M.V.: Rayzhekov’s work is dedicated to the situation with Covid-19 or rather to people’s sensitivity to being governed, manipulated and pushed into restrictive mechanisms. That’s why I see it as strongly political and raising important issues, just like the other works in the show.

Antoni Rayzhekov. Pandemic Sound Card, 2020, interactive installation, steel, 186 switches, minicomputer, electronics, stereo speakers, software, 200 x 100 x 10 cm

From a historical perspective, both Bulgaria and Germany have suffered devastating blows – wars, National Socialism, communism, loss of territories. The inherited traumas are different, of course. It seems to me that, after all, the artists in Germany had been exposed to much more persecutions and restrictions during the reign of the Third Reich compared to their Bulgarian counterparts in the socialist period. Maybe that explains the resilience and determination developed by the German authors when it comes to defending their positions. Moreover, at present the German state obviously demonstrates immeasurably greater understanding of the power of art. Even if this excessive attention to artists is caused by respect or fear, the state supports them and treats them with reverence.

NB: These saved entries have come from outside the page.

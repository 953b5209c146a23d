//! What stations tell one another of which numbers have a vote there, page by page, and its one spelling in bytes.
#![tactic(auto)]

mod aside;
mod bits;
mod body;
mod counts;
mod fault;
pub mod laws;
mod page;
mod reading;
mod roll;
mod votes;
mod writing;

pub use aside::{Aside, hear};
pub use body::RollBody;
pub use counts::Counts;
pub use fault::RollFault;
pub use page::{PAGE_BYTES, PAGE_NUMBERS, PAGES, Page};
pub use reading::decode;
pub use roll::Roll;
pub use votes::Votes;
pub use writing::encode;
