//! The measures and widths of a file.

ghost use Rattle.std.specs.Prelude.{◌≡◌, ◌⊎◌, Some, None, Ok, Err, IfSome, IfOk, IfErr};
ghost use Rattle.toml.specs.Parse.{parse_document};
ghost use Rattle.toml.specs.View.{table_view};
ghost use Rattle.widths.specs.Reading.{read_file, read_widths};
ghost use Rattle.widths.specs.declared.fault.WidthFault.TheVariants.{NotToml, OutOfMemory};
ghost use Rattle.widths.specs.Widths.{width_of, IsWidth, IsWidthFile};

use crate::entry::{MatrixWidth, copied, width_among};
use crate::fault::WidthFault;
use crate::matrix::read_matrix;
use crate::measures::{matrix_in, measures_in};
use code_table::Name;
use std::alloc::{AllocError, Global};
use std::marker::Model;
use toml::Table;

/// The measure of a slug and the widths of what stands in it, in whole units.
/// Clauses see the record of its keys, its matrices in byte order of their names.
#[derive(Drop)]
pub struct Widths {
    measure: u16,
    band_min: u16,
    band_max: u16,
    thin: u16,
    en: u16,
    em: u16,
    matrix: Vec<MatrixWidth>,
}

impl Model for Widths {
    ghost use Rattle.widths.specs.Widths.{WidthFile, width_file, IsWidthFile};

    ghost Value = { WidthFile };

    ghost view = { λ w. width_file w.measure w.band_min w.band_max w.thin w.en w.em w.matrix.items };

    ghost invariant = { λ w. IsWidthFile (width_file w.measure w.band_min w.band_max w.thin w.en w.em w.matrix.items) };
}

/// The document of a text.
fn document_of(alloc: Global, text: &str) -> Result<Table, WidthFault>
    ensures ok { IfOk result (λ document. parse_document text.now ≡ Some (table_view document)) }
    ensures err { IfErr result (λ fault. (fault ≡ OutOfMemory) ⊎ ((fault ≡ NotToml) × (parse_document text.now ≡ None))) }
{
    toml::table_from_str(alloc, text).map_err(|error| {
        if error.is_memory() {
            WidthFault::OutOfMemory
        } else {
            WidthFault::NotToml
        }
    })
}

/// The measures and widths of a document.
#[tactic(auto, unfolding(crate::specs::Reading::read_file))]
fn read_file(alloc: Global, file: &Table) -> Result<Widths, WidthFault>
    ensures ok { IfOk result (λ widths. read_file (table_view file.now) ≡ Ok widths) }
    ensures err { IfErr result (λ fault. (fault ≡ OutOfMemory) ⊎ (read_file (table_view file.now) ≡ Err fault)) }
{
    let measures = measures_in(file)?;
    let table = matrix_in(file)?;
    if measures.band_min > measures.band_max {
        return Err(WidthFault::BandsCrossed);
    }
    let matrix = read_matrix(alloc, table)?;
    Ok(Widths {
        measure: measures.measure,
        band_min: measures.band_min,
        band_max: measures.band_max,
        thin: measures.thin,
        en: measures.en,
        em: measures.em,
        matrix,
    })
}

impl Widths {
    /// The measures and widths of a TOML text: whole numbers at `measure`, `band_min`, `band_max`, `thin`, `en` and `em`,
    /// and a table `matrix` from names to widths.
    ///
    /// The first fault that holds is answered: `NotToml`; `Missing`, `WrongType` or `OutOfRange` of each key in the order
    /// of [`WidthKey`](crate::WidthKey); `BandsCrossed`; and then for the entries of `matrix` in byte order of their names
    /// `BadName`, `WrongType` or `OutOfRange`. `OutOfMemory` comes where the text could not be read or the widths not be
    /// kept for want of memory.
    #[tactic(auto, unfolding(crate::specs::Reading::read_widths))]
    pub fn read(alloc: Global, text: &str) -> Result<Widths, WidthFault>
        ensures ok { IfOk result (λ widths. read_widths (parse_document text.now) ≡ Ok widths) }
        ensures err { IfErr result (λ fault. (fault ≡ OutOfMemory) ⊎ (read_widths (parse_document text.now) ≡ Err fault)) }
    {
        let file = document_of(alloc, text)?;
        read_file(alloc, &file)
    }

    /// Equal measures and widths.
    pub fn copy(&self, alloc: Global) -> Result<Widths, AllocError>
        ensures { IfOk result (λ widths. widths ≡ self.now) }
    {
        let matrix = copied(alloc, &self.matrix)?;
        Ok(Widths {
            measure: self.measure,
            band_min: self.band_min,
            band_max: self.band_max,
            thin: self.thin,
            en: self.en,
            em: self.em,
            matrix,
        })
    }

    /// The width of the matrix with this name, 1 to 999 units; `None` where the file has none of that name.
    #[tactic(auto, unfolding(crate::specs::Widths::width_of))]
    pub fn of(&self, name: &str) -> Option<u16>
        ensures value { result ≡ width_of self.now name.now }
        ensures range { IfSome result (λ width. IsWidth width) }
    {
        width_among(&self.matrix, name.as_bytes())
    }

    /// The width of this matrix, 1 to 999 units; `None` where the file has none of its name.
    #[tactic(auto, unfolding(crate::specs::Widths::width_of))]
    pub fn of_name(&self, name: &Name) -> Option<u16>
        ensures value { result ≡ width_of self.now name.now }
        ensures range { IfSome result (λ width. IsWidth width) }
    {
        let bytes = name.as_bytes();
        width_among(&self.matrix, bytes)
    }

    /// The width of a line, 1 to 65,535 units.
    pub fn measure(&self) -> u16
        ensures value { result ≡ self.now.measure }
        ensures ranges { IsWidthFile self.now }
    {
        self.measure
    }

    /// The least width of a band, 1 to 999 units and not above the greatest.
    pub fn band_min(&self) -> u16
        ensures value { result ≡ self.now.band_min }
        ensures ranges { IsWidthFile self.now }
    {
        self.band_min
    }

    /// The greatest width of a band, 1 to 999 units.
    pub fn band_max(&self) -> u16
        ensures value { result ≡ self.now.band_max }
        ensures ranges { IsWidthFile self.now }
    {
        self.band_max
    }

    /// The width of a thin space, 1 to 999 units.
    pub fn thin(&self) -> u16
        ensures value { result ≡ self.now.thin }
        ensures ranges { IsWidthFile self.now }
    {
        self.thin
    }

    /// The width of an en space, 1 to 999 units.
    pub fn en(&self) -> u16
        ensures value { result ≡ self.now.en }
        ensures ranges { IsWidthFile self.now }
    {
        self.en
    }

    /// The width of an em space, 1 to 999 units.
    pub fn em(&self) -> u16
        ensures value { result ≡ self.now.em }
        ensures ranges { IsWidthFile self.now }
    {
        self.em
    }
}
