use crate::write_refutation;
use mbqi_terms::{Formula, Function, InstanceLine, Script, Sort, Symbol, Term};
use mbqi_values::Sequence;
use sqlite_items::{Boxed, Items};
use std::alloc::{AllocError, Global};

fn function(alloc: Global, name: &[u8], sort: Sort) -> Result<Function, AllocError> {
    Ok(Function {
        name: Sequence::from_slice(alloc, name)?,
        args: Sequence::new(alloc),
        result: sort,
    })
}

/// The sort S, the predicate p and the constant c.
fn script(alloc: Global) -> Result<Script, AllocError> {
    let mut sorts = Sequence::new(alloc);
    sorts.push(Sequence::from_slice(alloc, b"S")?)?;
    let mut functions = Sequence::new(alloc);
    functions.push(function(alloc, b"p", Sort::Truth)?)?;
    functions.push(function(alloc, b"c", Sort::Elem(0))?)?;
    Ok(Script {
        sorts,
        functions,
        assertions: Sequence::new(alloc),
        asks: true,
    })
}

fn constant(alloc: Global) -> Term {
    Term::Apply(Symbol::Declared(1), Items::new(alloc))
}

/// The atom `(p c)`.
fn predicate(alloc: Global) -> Result<Formula, AllocError> {
    let mut args = Items::new(alloc);
    args.push(constant(alloc))?;
    Ok(Formula::Atom(Term::Apply(Symbol::Declared(0), args)))
}

/// The instance of the first assertion, that p holds everywhere, and the second assertion.
fn first_line(alloc: Global) -> Result<InstanceLine, AllocError> {
    let mut terms = Items::new(alloc);
    terms.push(constant(alloc))?;
    Ok(InstanceLine {
        assertion: 0,
        terms,
        formula: predicate(alloc)?,
    })
}

fn second_line(alloc: Global) -> Result<InstanceLine, AllocError> {
    Ok(InstanceLine {
        assertion: 1,
        terms: Items::new(alloc),
        formula: Formula::Not(Boxed::new(alloc, predicate(alloc)?)?),
    })
}

#[test]
fn unsat_by_one_instance(rt: HostRuntime) -> Result<(), AllocError> {
    let alloc = rt.alloc();
    let mut lines = Vec::new(alloc);
    lines.push(first_line(alloc)?)?;
    lines.push(second_line(alloc)?)?;
    let mut into = Vec::new(alloc);
    write_refutation(&script(alloc)?, lines.as_slice(), &mut into)?;
    let text = b"unsat\n(refutation 1\n(instance 0 (c) (p c))\n(instance 1 () (not (p c)))\n)\n";
    assert_eq!(rt; into.as_slice(), text.as_slice());
    Ok(())
}
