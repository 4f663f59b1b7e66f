//! The text of a refutation: instances of assertions, of which each plainly lawful valuation of their terms makes one false.
//!
//! Start with [`write_refutation`].

#![tactic(auto)]

ghost use Rattle.std.specs.Prelude.{◌≡◌, ◌++◌, OnOk, OnErr};
ghost use Rattle.std.specs.Io.{StartsWith};
ghost use Rattle.refutation_text.specs.RefutationText.{instance_text, instances_text, refutation_text};

#[cfg(test)]
mod tests;

use itoa::Buffer;
use mbqi_terms::{InstanceLine, Script};
use smtlib_printer::{question_marks, write_formula_with, write_terms_with};
use std::alloc::AllocError;

/// Appends the lines of a refutation of the script: `unsat`, the instances in order, and the closing bracket. The
/// one error is want of memory, after which `into` begins with what it held.
#[tactic(auto, unfolding(crate::specs::RefutationText::refutation_text))]
pub fn write_refutation(
    script: &Script,
    lines: &[InstanceLine],
    into: &mut Vec<u8>,
) -> Result<(), AllocError>
    ensures ok { OnOk result (into.new.items ≡ into.old.items ++ refutation_text script.now lines.now) }
    ensures err { OnErr result (StartsWith into.new.items into.old.items) }
{
    into.extend_from_slice(b"unsat\n(refutation 1\n")?;
    write_instances(script, question_marks(script), lines, into)?;
    into.extend_from_slice(b")\n")
}

/// Appends the instances, each with a line feed.
#[tactic(auto, using(smtlib_printer::proofs::Fronts::behind))]
fn write_instances(
    script: &Script,
    marks: usize,
    lines: &[InstanceLine],
    into: &mut Vec<u8>,
) -> Result<(), AllocError>
    ensures ok { OnOk result (into.new.items ≡ into.old.items ++ instances_text script.now marks lines.now) }
    ensures err { OnErr result (StartsWith into.new.items into.old.items) }
{
    for line in lines {
        write_instance(script, marks, line, into)?;
        into.extend_from_slice(b"\n")?;
    }
    Ok(())
}

#[tactic(auto, using(smtlib_printer::proofs::Fronts::behind))]
fn write_instance(
    script: &Script,
    marks: usize,
    line: &InstanceLine,
    into: &mut Vec<u8>,
) -> Result<(), AllocError>
    ensures ok { OnOk result (into.new.items ≡ into.old.items ++ instance_text script.now marks line.now) }
    ensures err { OnErr result (StartsWith into.new.items into.old.items) }
{
    into.extend_from_slice(b"(instance ")?;
    into.extend_from_slice(Buffer::new().format(line.assertion).as_bytes())?;
    into.extend_from_slice(b" ")?;
    write_terms_with(script, marks, line.terms.as_slice(), into)?;
    into.extend_from_slice(b" ")?;
    write_formula_with(script, marks, &line.formula, into)?;
    into.extend_from_slice(b")")
}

There is no such thing in Bulgaria, or it is only in its initial stages. This situation leads to the marginalization of the artists and to the sad fact that generally society shows no interest in them. And it is exactly that public attitude, which prevents their voice from being heard.

Very often artists make reference to history in their works. For them, to build bridges between styles and eras is a natural process. Their keen eye sometimes strikes a nerve, which lays dormant under the thick dust of time. Ability such as this must be valued, respected and sought after.